Wow, i loved to play all these games; except never tried Grant and Lee. Masters of Magic was a lot of fun.

I also used to play a lot of World of Warcraft but quit when my wife was pregnant with our second child. it's definitely a bad time sink. At least with turn based games, it's easy to save and stop at any point in time. With Warcraft, if i was playing with 39 other people, it wasn't polite to suddenly leave the keyboard or suddenly leave the game.

I've never enjoyed first person shooting games; the camera movements make me nauseous after a while.


----------



## TaylorOtwell (Feb 16, 2009)

Civilization II... Good stuff. 

Anyone ever play SimTower? How about SimAnt?


----------



## gene_mingo (Feb 16, 2009)

Guild Wars
WoW
Minions of Mirth
Dungeon Runners


----------



## satz (Feb 16, 2009)

Minesweeper
Bejeweled Twist

Played one month of WOW. Didn't quite manage to get into the whole pig killing business.


----------



## Backwoods Presbyterian (Feb 16, 2009)

Cannot believe I have not seen Colonization mentioned.

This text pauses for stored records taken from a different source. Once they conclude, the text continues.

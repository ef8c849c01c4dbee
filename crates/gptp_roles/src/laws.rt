//! What selection promises beyond one call.

ghost use Rattle.std.specs.Prelude.{◌≡◌, ℕ, List};
ghost use Rattle.gptp_vector.specs.declared.vector.Vector.{Vector};
ghost use Rattle.gptp_receipt.specs.declared.held.Held.{Held};
ghost use Rattle.gptp_roles.specs.Choice.{ArePlaced, IsChosen};
ghost use Rattle.gptp_roles.specs.Selection.{HasOneSlave, SelectionIsAtRest};

/// A system has one chosen vector.
pub fn chosen_vector_is_one()
    ensures { (identity : ℕ) (held : List Held) (v w : Vector) → IsChosen identity held v → IsChosen identity held w
        → v ≡ w }
{}

/// Selecting again from what the ports then hold changes nothing and marks no port fresh: what
/// selection drops isn't missed.
pub fn selection_is_at_rest()
    ensures { (identity : ℕ) (held : List Held) (v : Vector) → ArePlaced 1 held → IsChosen identity held v
        → SelectionIsAtRest identity held v }
{}

/// One port is Slave where the root is another system, and none where it is the own.
pub fn one_slave_port()
    ensures { (identity : ℕ) (held : List Held) (v : Vector) → ArePlaced 1 held → IsChosen identity held v
        → HasOneSlave identity held v }
{}
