//! What the manual says of each directive. Made of docs/SCRIPTS.md by `tests/repository/manual.py`.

I still play that game.


----------



## CharlieJ (Feb 16, 2009)

Unbelievable, I was playing Colonization not too long ago. Ditto on Civ's and Master of Orion (the original was one of the best games ever). Also, Command & Conquer Red Alert, the Myst series, and Half-Life/Counterstrike. SimTower and SimCity are classics. The Chessmaster series is great, too, if not really that PCish.

Actually, I think perhaps the best PC game of all time was X-COM, which you can still find online at Abandonware sites.


----------



## Augusta (Feb 16, 2009)

We like adventure games. The Monkey Island series are way fun. The Day of the Tentacle was one of kind, great voice acting. The Indiana Jones games are fun, the Infernal Machine was our fave. We also play Age of Empires, Age of Mythology, and Age of Mythology Titans.

You can download Day of the Tentacle and run it on Windows if you get the ScummVM interpreter. You can use it for Monkey Island too. Even though these are old Dos games they are so funny and really fun to figure out.

[video=youtube;oGnKs-4Q4n0]http://www.youtube.com/watch?v=oGnKs-4Q4n0[/video]

[video=youtube;1IBUfXq0nbk]http://www.youtube.com/watch?v=1IBUfXq0nbk&feature=related[/video]


----------



## Curt (Feb 16, 2009)

Boy, how mundane it sounds to say that the only thing I play is scrabble.


----------



## Theognome (Feb 16, 2009)

CharlieJ said:


> Unbelievable, I was playing Colonization not too long ago. Ditto on Civ's and Master of Orion (the original was one of the best games ever). Also, Command & Conquer Red Alert, the Myst series, and Half-Life/Counterstrike. SimTower and SimCity are classics. The Chessmaster series is great, too, if not really that PCish.
> 
> Actually, I think perhaps the best PC game of all time was X-COM, which you can still find online at Abandonware sites.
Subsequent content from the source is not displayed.